Items listed in a dataset:
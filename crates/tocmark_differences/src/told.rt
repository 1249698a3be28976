//! The differences that are found, and how each is noted.

use crate::difference::{
    Change, Difference, Kind, change_between, common_front, differing, word_of,
};
use crate::erase::Within;
use crate::marks::{Mark, Marks};
use crate::phrases::{ends_words, leads, named, phrase_of, push_words, without_white};
use std::alloc::{AllocError, Global};
use tocmark_event::event::{Event, Tag};

/// What is found in two texts that differ.
#[derive(Drop)]
pub struct Differences<'m> {
    pub alloc: Global,
    pub old: &'m Marks,
    pub new: &'m Marks,
    pub all: Vec<Difference>,
    /// How many events both texts have before the place that is compared.
    pub before: (usize, usize),
    /// Whether it is noted of this tree that a list became loose or tight.
    pub has_spacing: bool,
}

/// Which of two texts has something that the other one hasn't.
#[derive(Clone, Copy)]
pub enum Side {
    Old,
    New,
}

/// Where events are that only one of the texts has.
#[derive(Clone, Copy)]
pub struct Alone {
    pub side: Side,
    /// The line of the other text where they would be.
    pub line: usize,
    /// Whether the other text has words in their place.
    pub has_words: bool,
}

/// The lines of a thing in both texts.
#[derive(Clone, Copy)]
struct Both {
    old: (usize, usize),
    new: (usize, usize),
}

/// The words of some events but for those of things that are noted as a whole.
#[derive(Drop)]
pub struct Outside {
    words: String,
    /// Of each text: how many bytes of words are before it, and its number.
    places: Vec<(usize, usize)>,
}

/// Lines without so many at their front; the last one, if there are no more.
fn later(lines: (usize, usize), count: usize) -> (usize, usize) {
    (lines.0.saturating_add(count).min(lines.1), lines.1)
}

/// The words of events.
fn words_in(alloc: Global, marks: &[Mark]) -> Result<String, AllocError> {
    let mut words = String::new(alloc);
    for mark in marks {
        push_words(&mut words, mark)?;
    }
    Ok(words)
}

/// Whether two texts are the same but for white space.
fn are_alike(alloc: Global, old: &str, new: &str) -> Result<bool, AllocError> {
    let (old, new) = (without_white(alloc, old)?, without_white(alloc, new)?);
    Ok(old.as_bytes() == new.as_bytes())
}

/// Whether a mark starts a paragraph.
fn is_paragraph(mark: &Mark) -> bool {
    match &mark.event {
        Event::Start(Tag::Paragraph) => true,
        _ => false,
    }
}

/// Whether events begin with a text.
fn begins_text(marks: &[Mark]) -> bool {
    match marks.first() {
        Some(mark) => match &mark.event {
            Event::Text(_) => true,
            _ => false,
        },
        None => false,
    }
}

/// Whether a mark is what an item begins with.
fn begins_item(mark: Option<&Mark>) -> bool {
    match mark {
        Some(mark) => match &mark.event {
            Event::Start(Tag::Item) => true,
            Event::TaskListMarker(_) => true,
            _ => false,
        },
        None => false,
    }
}

impl Alone {
    /// Where events are that have no words in their place.
    pub fn new(side: Side, line: usize) -> Alone {
        Alone {
            side,
            line,
            has_words: false,
        }
    }
}

impl Outside {
    pub fn new(alloc: Global) -> Outside {
        Outside {
            words: String::new(alloc),
            places: Vec::new(alloc),
        }
    }

    /// Adds an event.
    fn add(&mut self, mark: &Mark) -> Result<(), AllocError> {
        match &mark.event {
            Event::Text(_) => {
                self.places.push((self.words.as_str().len(), mark.number))?;
                self.words.push_str(mark.key.as_str())
            }
            Event::SoftBreak => self.words.push_str(" "),
            Event::HardBreak => self.words.push_str(" "),
            Event::End(end) if ends_words(*end) => self.words.push_str(" "),
            _ => Ok(()),
        }
    }

    /// The number of the text in which so many bytes of words end.
    fn text_at(&self, bytes: usize) -> Option<usize> {
        let after = self.places.partition_point(|place| place.0 <= bytes);
        let place = self.places.get(after.saturating_sub(1))?;
        Some(place.1)
    }
}

impl<'m> Differences<'m> {
    /// The text that has something.
    fn text_of(&self, side: Side) -> &'m Marks {
        match side {
            Side::Old => self.old,
            Side::New => self.new,
        }
    }

    /// Notes something that only one of the texts has, in these lines.
    fn add_phrase(
        &mut self,
        alone: Alone,
        what: &'static str,
        phrase: String,
        lines: (usize, usize),
    ) -> Result<(), AllocError> {
        let none = String::new(self.alloc);
        let other = (alone.line, alone.line);
        let before = self.before;
        let difference = match alone.side {
            Side::Old => Difference {
                kind: Kind::Removed,
                what,
                before,
                old: lines,
                new: other,
                was: phrase,
                is: none,
            },
            Side::New => Difference {
                kind: Kind::Added,
                what,
                before,
                old: other,
                new: lines,
                was: none,
                is: phrase,
            },
        };
        self.all.push(difference)?;
        Ok(())
    }

    /// Notes a thing that only one of the texts has: an event, or the container that it starts.
    fn add_thing(&mut self, alone: Alone, first: &Mark) -> Result<(), AllocError> {
        let text = self.text_of(alone.side);
        let phrase = phrase_of(self.alloc, first, text.container(first))?;
        let lines = text.lines_of(first.range);
        self.add_phrase(alone, word_of(first), phrase, lines)
    }

    /// Notes a tree that only one of the texts has, and where the links in it lead.
    pub fn add_tree(&mut self, alone: Alone, marks: &[Mark]) -> Result<(), AllocError> {
        for (at, mark) in marks.iter().enumerate() {
            if at == 0 || leads(mark) {
                self.add_thing(alone, mark)?;
            }
        }
        Ok(())
    }

    /// Notes words that one of two texts has more.
    fn add_more(
        &mut self,
        what: &'static str,
        change: &Change,
        lines: Both,
    ) -> Result<(), AllocError> {
        let (was, is) = (change.was.as_str(), change.is.as_str());
        if was.trim().is_empty() {
            let phrase = named(self.alloc, what, is)?;
            return self.add_phrase(Alone::new(Side::New, lines.old.0), what, phrase, lines.new);
        }
        let phrase = named(self.alloc, what, was)?;
        self.add_phrase(Alone::new(Side::Old, lines.new.0), what, phrase, lines.old)
    }

    /// Notes a change.
    fn add_change(
        &mut self,
        what: &'static str,
        change: Change,
        lines: Both,
    ) -> Result<(), AllocError> {
        if change.has_more() {
            return self.add_more(what, &change, lines);
        }
        let Change { kind, was, is, .. } = change;
        self.all.push(Difference {
            kind,
            what,
            before: self.before,
            old: lines.old,
            new: lines.new,
            was,
            is,
        })?;
        Ok(())
    }

    /// Notes what differs between two events, if they are of one kind.
    fn add_pair(&mut self, old: &Mark, new: &Mark) -> Result<bool, AllocError> {
        let Some(change) = change_between(self.alloc, old, new)? else {
            return Ok(false);
        };
        let lines = Both {
            old: later(self.old.lines_of(old.range), change.line),
            new: later(self.new.lines_of(new.range), change.line),
        };
        self.add_change(word_of(new), change, lines)?;
        Ok(true)
    }

    /// Notes that a list became loose or tight, once for a tree.
    fn add_spacing(&mut self, alone: Alone, mark: &Mark) -> Result<(), AllocError> {
        if self.has_spacing {
            return Ok(());
        }
        self.has_spacing = true;
        let lines = self.text_of(alone.side).lines_of(mark.range);
        let other = (alone.line, alone.line);
        let (was, is, old, new) = match alone.side {
            Side::Old => ("loose", "tight", lines, other),
            Side::New => ("tight", "loose", other, lines),
        };
        self.all.push(Difference {
            kind: Kind::Structure,
            what: "list",
            before: self.before,
            old,
            new,
            was: String::from_str(self.alloc, was)?,
            is: String::from_str(self.alloc, is)?,
        })?;
        Ok(())
    }

    /// Whether a paragraph is only there because its list is loose: the other text has its words, or some in their place.
    fn is_spacing(&self, alone: Alone, mark: &Mark, is_whole: bool) -> bool {
        let text = self.text_of(alone.side);
        is_paragraph(mark)
            && mark.number > 0
            && begins_item(text.mark(mark.number.saturating_sub(1)))
            && (alone.has_words || !is_whole)
    }

    /// Notes what begins with an event that only one of the texts has, and says whether that is a whole thing, with its words.
    fn add_event(&mut self, alone: Alone, mark: &Mark, is_whole: bool) -> Result<bool, AllocError> {
        match &mark.event {
            Event::Start(_) if self.is_spacing(alone, mark, is_whole) => {
                self.add_spacing(alone, mark)?;
                Ok(false)
            }
            Event::Start(_) => {
                self.add_thing(alone, mark)?;
                Ok(is_whole)
            }
            Event::Text(_) => Ok(false),
            Event::End(_) => Ok(false),
            _ => {
                self.add_thing(alone, mark)?;
                Ok(false)
            }
        }
    }

    /// Notes things that only one of the texts has. What is left are words, which it returns.
    fn add_events(&mut self, alone: Alone, marks: &[Mark]) -> Result<Outside, AllocError> {
        let mut outside = Outside::new(self.alloc);
        let (mut from, end) = (0usize, marks.last().map_or(0, |last| last.number));
        for mark in marks {
            if mark.number < from {
                if leads(mark) {
                    self.add_thing(alone, mark)?;
                }
                continue;
            }
            let own_end = self.text_of(alone.side).end_of(mark);
            if self.add_event(alone, mark, own_end <= end)? {
                from = own_end.saturating_add(1);
            }
            outside.add(mark)?;
        }
        Ok(outside)
    }

    /// The line of the text in which so many bytes of words end; this line, if there are no words.
    fn line_at(&self, side: Side, outside: &Outside, bytes: usize, line: usize) -> usize {
        match outside.text_at(bytes) {
            Some(number) => self.text_of(side).lines_at(number).0,
            None => line,
        }
    }

    /// What the texts outside are, and what kind of difference that is.
    fn kind_of(&self, side: Side, outside: &Outside) -> (Kind, &'static str) {
        let Some(number) = outside.text_at(0) else {
            return (Kind::Text, "text");
        };
        let Some(mark) = self.text_of(side).mark(number) else {
            return (Kind::Text, "text");
        };
        let kind = match mark.within {
            Within::Prose => Kind::Text,
            Within::Code => Kind::Code,
            Within::Metadata => Kind::FrontMatter,
        };
        (kind, word_of(mark))
    }

    /// Notes which words differ outside of what is noted as a whole.
    fn add_words(
        &mut self,
        old: (Alone, &Outside),
        new: (Alone, &Outside),
    ) -> Result<(), AllocError> {
        let (was, is) = (old.1.words.as_str(), new.1.words.as_str());
        let front = common_front(was, is);
        let old_line = self.line_at(Side::Old, old.1, front, new.0.line);
        let new_line = self.line_at(Side::New, new.1, front, old.0.line);
        let (was, is) = differing(was.trim(), is.trim());
        let (kind, what) = if is.is_empty() {
            self.kind_of(Side::Old, old.1)
        } else {
            self.kind_of(Side::New, new.1)
        };
        let change = Change {
            kind,
            was: String::from_str(self.alloc, was.trim())?,
            is: String::from_str(self.alloc, is.trim())?,
            line: 0,
        };
        let lines = Both {
            old: (old_line, old_line),
            new: (new_line, new_line),
        };
        self.add_change(what, change, lines)
    }

    /// Notes what differs between events that aren't of the same kinds one by one. Words that both sides have are no difference.
    pub fn add_unlike(&mut self, old: &[Mark], new: &[Mark]) -> Result<(), AllocError> {
        let removed = Alone {
            side: Side::Old,
            line: self.new.lines_at(self.before.1).0,
            has_words: begins_text(new),
        };
        let added = Alone {
            side: Side::New,
            line: self.old.lines_at(self.before.0).0,
            has_words: begins_text(old),
        };
        let was = self.add_events(removed, old)?;
        let is = self.add_events(added, new)?;
        let all = (words_in(self.alloc, old)?, words_in(self.alloc, new)?);
        if are_alike(self.alloc, all.0.as_str(), all.1.as_str())?
            || are_alike(self.alloc, was.words.as_str(), is.words.as_str())?
        {
            return Ok(());
        }
        self.add_words((removed, &was), (added, &is))
    }

    /// Notes an event of either text that has another one of the same kind in its place.
    pub fn add_like(&mut self, old: &Mark, new: &Mark) -> Result<(), AllocError> {
        if old.key.as_bytes() == new.key.as_bytes() || self.add_pair(old, new)? {
            return Ok(());
        }
        self.add_unlike(std::slice::from_ref(old), std::slice::from_ref(new))
    }
}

Work to complete
Check each line of the records above for "only", and copy those that have it.

Worked solution
/// Where events are that only one of the texts has.
    /// Notes something that only one of the texts has, in these lines.
    /// Notes a thing that only one of the texts has: an event, or the container that it starts.
    /// Notes a tree that only one of the texts has, and where the links in it lead.
    /// Whether a paragraph is only there because its list is loose: the other text has its words, or some in their place.
    /// Notes what begins with an event that only one of the texts has, and says whether that is a whole thing, with its words.
    /// Notes things that only one of the texts has. What is left are words, which it returns.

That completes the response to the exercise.